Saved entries
::::
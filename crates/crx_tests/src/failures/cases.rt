//! The runs that are tried.

use super::*;

const CASES: &[Case] = &[
    Case {
        name: "third differences",
        tool: Tool::Compact,
        skip: false,
        input: "H|E1|E2|E3|E4|E5",
        output: "K|H|F1|C2|C3|C4|C5",
        messages: "",
        after: &[0, 3, 4, 5, 5, 8, 8, 11, 11, 14, 14, 17, 17, 20],
        warned_at: None,
        outcome: Outcome {
            status: 0,
            fault: None,
        },
    },
    Case {
        name: "types that change in an event",
        tool: Tool::Compact,
        skip: false,
        input: "H|RT",
        output: "K|H|CT",
        messages: "",
        after: &[0, 3, 4, 5, 5, 8, 9, 10, 10, 13],
        warned_at: None,
        outcome: Outcome {
            status: 0,
            fault: None,
        },
    },
    Case {
        name: "a bad indicator",
        tool: Tool::Compact,
        skip: false,
        input: "H|E1|B2|E3|E4|E5",
        output: "K|H|F1",
        messages: "ERROR line 7 code 18: bad indicator",
        after: &[0, 3, 4, 5, 5, 8, 8, 8, 8, 8, 8, 8, 8, 8],
        warned_at: None,
        outcome: Outcome {
            status: 1,
            fault: Some(At {
                line: 7,
                fault: Fault::BadFlags,
            }),
        },
    },
    Case {
        name: "a bad indicator, skipped",
        tool: Tool::Compact,
        skip: true,
        input: "H|E1|B2|E3|E4|E5",
        output: "K|H|F1|F3|                    3||102500|                    4||1000",
        messages: "WARNING line 7 code 18: bad indicator",
        after: &[0, 3, 4, 5, 5, 8, 8, 8, 8, 11, 11, 14, 14, 17],
        warned_at: Some(7),
        outcome: Outcome {
            status: 2,
            fault: None,
        },
    },
    Case {
        name: "third differences, back",
        tool: Tool::Expand,
        skip: false,
        input: "K|H|F1|C2|C3|C4|C5",
        output: "H|E1|E2|E3|E4|E5",
        messages: "",
        after: &[
            0, 0, 0, 1, 2, 3, 3, 3, 5, 5, 5, 7, 7, 7, 9, 9, 9, 11, 11, 11, 13,
        ],
        warned_at: None,
        outcome: Outcome {
            status: 0,
            fault: None,
        },
    },
    Case {
        name: "types that change in an event, back",
        tool: Tool::Expand,
        skip: false,
        input: "K|H|CT",
        output: "H|RT",
        messages: "",
        after: &[0, 0, 0, 1, 2, 3, 3, 3, 5, 6, 7, 7, 7, 9],
        warned_at: None,
        outcome: Outcome {
            status: 0,
            fault: None,
        },
    },
    Case {
        name: "a full epoch after a warning, back",
        tool: Tool::Expand,
        skip: false,
        input: "K|H|F1|F3|                    3||102500|                    4||1000",
        output: "H|E1|E3|E4|E5",
        messages: "",
        after: &[0, 0, 0, 1, 2, 3, 3, 3, 5, 5, 5, 7, 7, 7, 9, 9, 9, 11],
        warned_at: None,
        outcome: Outcome {
            status: 0,
            fault: None,
        },
    },
    Case {
        name: "a check",
        tool: Tool::Check,
        skip: false,
        input: "H|E1|E2|E3|E4|E5",
        output: "format 3.04|systems G 1|epochs 5|events 0|observations 5|standard yes",
        messages: "",
        after: &[0; 14],
        warned_at: None,
        outcome: Outcome {
            status: 0,
            fault: None,
        },
    },
    Case {
        name: "a check of a bad indicator",
        tool: Tool::Check,
        skip: false,
        input: "H|E1|B2|E3|E4|E5",
        output: "",
        messages: "ERROR line 7 code 18: bad indicator",
        after: &[0; 14],
        warned_at: None,
        outcome: Outcome {
            status: 1,
            fault: Some(At {
                line: 7,
                fault: Fault::BadFlags,
            }),
        },
    },
];

/// Returns all cases. Only this function names the table, because the prover goes through it wherever it is
/// named.
pub fn cases() -> &'static [Case] {
    CASES
}
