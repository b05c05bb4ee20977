//! Compact text that is cut off at each byte, or has each byte replaced.

use super::cases::cases;
use super::*;

/// Returns whether the output of a run begins with the first `lines` lines of a text.
fn has_written(left: &Left, whole: &[u8], lines: usize) -> bool {
    match whole.get(..length_of_lines(whole, lines)) {
        Some(wanted) => left.writer.contents().starts_with(wanted),
        None => false,
    }
}

/// Returns whether a run with enough memory and room ended as runs do: without a message, or with one and
/// another status.
fn has_ended(left: &Left) -> bool {
    if let Some(at) = left.outcome.fault {
        if at.fault == Fault::OutOfMemory || at.fault == Fault::WriteFailed {
            return false;
        }
    }
    match left.outcome.status {
        0 => left.messages.contents().is_empty(),
        1 | 2 => !left.messages.contents().is_empty(),
        _ => false,
    }
}

/// Returns whether an input is expanded to an end, and at least to `lines` lines of a text.
fn is_expanded(
    alloc: Global,
    skip: bool,
    input: &[u8],
    whole: &[u8],
    lines: usize,
) -> Result<bool, Fail> {
    let left = run(alloc, Tool::Expand, skip, input, good(ROOM))?;
    Ok(has_ended(&left) && has_written(&left, whole, lines))
}

/// Does the same as [`is_expanded`], both with and without skipping faults.
fn is_expanded_always(
    alloc: Global,
    input: &[u8],
    whole: &[u8],
    lines: usize,
) -> Result<bool, Fail> {
    Ok(
        is_expanded(alloc, false, input, whole, lines)?
            && is_expanded(alloc, true, input, whole, lines)?,
    )
}

/// Returns whether a prefix of a case's input is expanded at least to the output for its whole lines.
fn is_expanded_from(
    alloc: Global,
    case: &Case,
    texts: &Texts,
    length: usize,
) -> Result<bool, Fail> {
    let input = texts.input.as_slice();
    let lines = lines_within(input, length.saturating_sub(1));
    let count = case.after.get(lines).copied().unwrap_or(0);
    let prefix = input.get(..length).unwrap_or(b"");
    is_expanded_always(alloc, prefix, texts.output.as_slice(), count)
}

#[test]
fn each_prefix_is_expanded(rt: HostRuntime) -> Result<(), Fail> {
    for case in cases() {
        if let Tool::Expand = case.tool {
            let texts = Texts::of(rt.alloc(), case)?;
            for length in 0..texts.input.len() {
                let is_so = is_expanded_from(rt.alloc(), case, &texts, length)?;
                expect_at(&rt, is_so, case.name, length);
            }
        }
    }
    Ok(())
}

/// Compact text with a satellite that is absent once, and with types that change in an event.
const TEXTS: &[&str] = &["K|H|A1|A2|A3", "K|H|CT"];

fn with_byte(alloc: Global, text: &[u8], place: usize, byte: u8) -> Result<Vec<u8>, AllocError> {
    let mut damaged = Vec::new(alloc);
    for (at, old) in text.iter().enumerate() {
        damaged.push(if at == place { byte } else { *old })?;
    }
    Ok(damaged)
}

/// Returns whether a text with another byte at a place is expanded to an end.
fn has_ends(alloc: Global, text: &[u8], place: usize, byte: u8) -> Result<bool, Fail> {
    let input = with_byte(alloc, text, place, byte)?;
    is_expanded_always(alloc, input.as_slice(), b"", 0)
}

/// The bytes that replace others.
const BYTES: &[u8] = &[0, b'&', b'>', 255];

#[test]
fn each_byte_is_replaced(rt: HostRuntime) -> Result<(), Fail> {
    for names in TEXTS {
        let whole = text(rt.alloc(), names)?;
        for place in 0..whole.len() {
            for byte in BYTES {
                let is_so = has_ends(rt.alloc(), whole.as_slice(), place, *byte)?;
                expect_at(&rt, is_so, names, place);
            }
        }
    }
    Ok(())
}
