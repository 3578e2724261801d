//! That evaluation comes to a request or to its end. Nothing runs here.
#![tactic(auto)]

pub mod laws;
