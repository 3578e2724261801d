//! Laws about the definitions, each proved as the contract of a function that does nothing.
ghost use Rattle.laws_pauses.specs.NextRequest.{NextRequestLaw};
ghost use Rattle.laws_pauses.specs.PauseExamples.{WorkedPauses};
ghost use Rattle.laws_pauses.specs.Threads.{AsksOnLaw};

/// Whatever an evaluation gets, it comes to its next request or to its end.
pub fn evaluations_come_to_requests()
    ensures { NextRequestLaw }
{}

/// What a loop that goes on for ever asks for.
pub fn worked_pauses()
    ensures { WorkedPauses }
{}

/// If all that a thread wants of what it keeps is answered, it asks something next.
pub fn threads_ask_on()
    ensures { AsksOnLaw }
{}
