#![tactic(auto)]
// Whether a text is in the grammar: nothing here calls itself, however deep the text is nested.
ghost use Rattle.std.specs.Prelude.{◌≡◌, leb, List};
ghost use Rattle.texts.specs.Tokens.{Name, tokens};
ghost use Rattle.texts.specs.TextReading.{at_start, rules_from, heading_read, parse};
ghost use Rattle.text_tokens.specs.Told.{tokens_at, PlaceIn};
ghost use Rattle.text_names.specs.Table.{VariablesKept};
ghost use Rattle.text_grammar.specs.Grammar.{rank, is_some, no_tokens, rules_behind, RulesAsked, GrammarAsked, HeadingTold, BehindTold, GrammarTold};

use records::Refusal;
use text_names::Table;
use text_tokens::Token;

// The words that the two sections begin with.
const VAR: &[u8] = b"VAR";

const RULES: &[u8] = b"RULES";

// Where the loop stands.
#[derive(Clone, Copy, PartialEq, Eq)]
enum Mode {
    // A term must come.
    Wanted,
    // A list was just opened.
    Opened,
    // A name was just read, so that its list may come.
    Named,
    // A term has ended, or no rule has begun.
    Ended,
}

impl Mode {
    // No term is being waited for.
    fn is_after_term(self) -> bool
        ensures { result ≡ leb 2 (rank self) }
    {
        matches!(self, Mode::Named | Mode::Ended)
    }
}

// Nothing stands from place `at` on.
fn at_end(text: &[u8], at: usize) -> bool
    requires { PlaceIn text.now at }
    ensures { result ≡ no_tokens (tokens_at text.now at) }
{
    matches!(text_tokens::next_token(text, at), Token::End)
}

// Whether rules and the parenthesis that closes the text stand from place `at` on. `depth` lists are open; `right` tells that the
// rule's arrow was read, and is so before the first rule.
fn rules_stand(text: &[u8], at: usize, table: &Table) -> bool
    requires { RulesAsked text.now at table.now }
    ensures { (vs : List Name) → VariablesKept text.now table.now vs → result ≡ is_some (rules_from vs at_start (tokens_at text.now at)) }
{
    let mut mode = Mode::Ended;
    let mut depth: usize = 0;
    let mut right = true;
    let mut last = 0;
    let mut i = at;
    loop {
        match text_tokens::next_token(text, i) {
            Token::Name(s, e) => {
                if mode.is_after_term() {
                    if 0 < depth || !right {
                        return false;
                    }
                    right = false;
                }
                mode = Mode::Named;
                last = s;
                i = e;
            }
            Token::Open(e) => {
                if mode != Mode::Named {
                    return false;
                }
                if text_names::declared(text, table, last, text_names::hash(text, last)) {
                    return false;
                }
                depth += 1;
                mode = Mode::Opened;
                i = e;
            }
            Token::Close(e) => {
                if mode == Mode::Wanted {
                    return false;
                }
                if depth == 0 {
                    return right && at_end(text, e);
                }
                depth -= 1;
                mode = Mode::Ended;
                i = e;
            }
            Token::Comma(e) => {
                if !mode.is_after_term() || depth == 0 {
                    return false;
                }
                mode = Mode::Wanted;
                i = e;
            }
            Token::Arrow(e) => {
                if !mode.is_after_term() || 0 < depth || right {
                    return false;
                }
                right = true;
                mode = Mode::Wanted;
                i = e;
            }
            Token::Bad | Token::End => return false,
        }
    }
}

// A parenthesis and a word. Answers the place after it.
fn heading(text: &[u8], at: usize, word: &[u8]) -> Result<usize, Refusal>
    requires { PlaceIn text.now at }
    ensures { HeadingTold text.now (heading_read word.now (tokens_at text.now at)) result }
{
    let Token::Open(a) = text_tokens::next_token(text, at) else {
        return Err(Refusal::BadText);
    };
    let Token::Name(s, e) = text_tokens::next_token(text, a) else {
        return Err(Refusal::BadText);
    };
    if text_tokens::is_word(text, s, word) {
        return Ok(e);
    }
    Err(Refusal::BadText)
}

// The place where the rules of a text in the grammar begin, and the table of its variables; else 15.
pub fn rules_place(text: &[u8], table: &mut Table) -> Result<usize, Refusal>
    requires { GrammarAsked text.now table.old }
    ensures { GrammarTold text.now (parse (tokens text.now)) result table.new }
{
    let a = heading(text, 0, VAR)?;
    let b = text_names::read_variables(text, a, table)?;
    rules_behind(text, b, table)
}

// The rules behind the variables.
fn rules_behind(text: &[u8], at: usize, table: &Table) -> Result<usize, Refusal>
    requires { RulesAsked text.now at table.now }
    ensures { (vs : List Name) → VariablesKept text.now table.now vs → BehindTold text.now vs (rules_behind vs (tokens_at text.now at)) result }
{
    let r = heading(text, at, RULES)?;
    if rules_stand(text, r, table) {
        return Ok(r);
    }
    Err(Refusal::BadText)
}
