//! Numbered texts: the names of a list of parameters, of a pattern, or of a rule's variables.
ghost use Rattle.std.specs.Prelude.{◌≡◌, [], ◌∷◌, ◌++◌, ℕ, List, length, position, string_bytes, IfOk, OnOk, OnErr};
ghost use Rattle.std.specs.Str.{bytes_eq};
ghost use Rattle.std.specs.HashMap.{get_by_text};
ghost use Rattle.dps_scopes.specs.Places.{place_or_last};

use dps_terms::NoMemory;
use std::alloc::{AllocError, Global};
use std::collections::HashMap;
use std::marker::Model;

/// Texts, numbered from 0. A text may stand at several places.
#[derive(Drop)]
pub struct Texts {
    texts: Vec<String>,
    /// Where each text stands first.
    places: HashMap<String, usize>,
}

impl Model for Texts {
    ghost use Rattle.std.specs.Prelude.{ℕ, List, map, string_bytes};
    ghost use Rattle.std.specs.Coded.{coded_list, coded_ℕ};
    ghost use Rattle.dps_scopes.specs.Places.{AreFirstPlaces};

    ghost Value = { List (List ℕ) };

    ghost coded = { coded_list (coded_list coded_ℕ) };

    ghost view = { λ a. map string_bytes a.texts.items };

    ghost invariant = { λ a. AreFirstPlaces a.places (map string_bytes a.texts.items) };
}

impl Texts {
    ghost use Rattle.std.specs.Prelude.{map, string_bytes};

    /// No texts. It takes no memory.
    pub fn new(alloc: Global) -> Texts
        ensures { result ≡ [] }
    {
        Texts {
            texts: Vec::new(alloc),
            places: HashMap::new(alloc),
        }
    }

    /// The number of the first text that is this one.
    pub fn find(&self, text: &str) -> Option<usize>
        ensures { result ≡ position (bytes_eq text.now) self.now }
    {
        self.places.get(text).copied()
    }

    /// How many there are.
    pub fn count(&self) -> usize
        ensures { result ≡ length self.now }
    {
        self.texts.len()
    }

    /// One more text, with the next number. It fails out of memory alone; nothing has changed then.
    pub fn push(&mut self, alloc: Global, text: &str) -> Result<(), NoMemory>
        ensures ok { OnOk result (self.new ≡ self.old ++ text.now ∷ []) }
        ensures unchanged { OnErr result (self.new ≡ self.old) }
    {
        let place = self.texts.len();
        let kept = String::from_str(alloc, text)?;
        let key = String::from_str(alloc, text)?;
        self.texts.push(kept)?;
        match note(&mut self.places, key, place) {
            Ok(()) => Ok(()),
            Err(refusal) => {
                self.texts.pop();
                Err(refusal)
            }
        }
    }

    /// The texts, in order.
    pub fn into_list(self) -> Vec<String>
        ensures { map string_bytes result.items ≡ self }
    {
        self.texts
    }
}

/// Notes the place of a text that has none.
fn note(places: &mut HashMap<String, usize>, text: String, place: usize) -> Result<(), NoMemory>
    ensures ok { OnOk result ((q : List ℕ) → get_by_text places.new q ≡ place_or_last (get_by_text places.old q) (bytes_eq q (string_bytes text)) place) }
    ensures err { OnErr result ((q : List ℕ) → get_by_text places.new q ≡ get_by_text places.old q) }
{
    if places.contains_key(text.as_str()) {
        return Ok(());
    }
    places.insert(text, place)?;
    Ok(())
}
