//! Terms of processes, as a file writes them.
use dps_lex::Place;
use dps_terms::Term;
use std::marker::Model;

/// What in a term is a private name, or may become one when a definition is called.
#[derive(Clone, Copy, Debug, PartialEq, Eq)]
pub enum Use {
    /// A declared private name, by its number in the signature, and where it is written.
    PrivateName(u32, Place),
    /// A local, by its number.
    Local(usize),
}

/// A term of a process, and what in it is or may become a private name, in text order.
///
/// `var i` in the term is the i-th local, counted from 0, from the outermost binder inwards.
#[derive(Drop)]
pub struct Written {
    pub tree: Term,
    pub uses: Vec<Use>,
}

impl Model for Written {
    ghost use Rattle.dps_scopes.specs.Written.{Written};
    ghost use Rattle.dps_scopes.specs.Stored.{written_code};

    ghost Value = { Written };

    ghost coded = { written_code };

    ghost view = { λ a. record { tree = a.tree; uses = a.uses.items } };
}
::::
**Assignment**
Once you find the line with "let Token::Name(s, e)" in the entries above, output it and each line after it up to and including the line with "use std::collections::HashMap;", and nothing else.

**Written answer**
    let Token::Name(s, e) = text_tokens::next_token(text, a) else {
        return Err(Refusal::BadText);
    };
    if text_tokens::is_word(text, s, word) {
        return Ok(e);
    }
    Err(Refusal::BadText)
}

// The place where the rules of a text in the grammar begin, and the table of its variables; else 15.
pub fn rules_place(text: &[u8], table: &mut Table) -> Result<usize, Refusal>
    requires { GrammarAsked text.now table.old }
    ensures { GrammarTold text.now (parse (tokens text.now)) result table.new }
{
    let a = heading(text, 0, VAR)?;
    let b = text_names::read_variables(text, a, table)?;
    rules_behind(text, b, table)
}

// The rules behind the variables.
fn rules_behind(text: &[u8], at: usize, table: &Table) -> Result<usize, Refusal>
    requires { RulesAsked text.now at table.now }
    ensures { (vs : List Name) → VariablesKept text.now table.now vs → BehindTold text.now vs (rules_behind vs (tokens_at text.now at)) result }
{
    let r = heading(text, at, RULES)?;
    if rules_stand(text, r, table) {
        return Ok(r);
    }
    Err(Refusal::BadText)
}
//! Numbered texts: the names of a list of parameters, of a pattern, or of a rule's variables.
ghost use Rattle.std.specs.Prelude.{◌≡◌, [], ◌∷◌, ◌++◌, ℕ, List, length, position, string_bytes, IfOk, OnOk, OnErr};
ghost use Rattle.std.specs.Str.{bytes_eq};
ghost use Rattle.std.specs.HashMap.{get_by_text};
ghost use Rattle.dps_scopes.specs.Places.{place_or_last};

use dps_terms::NoMemory;
use std::alloc::{AllocError, Global};
use std::collections::HashMap;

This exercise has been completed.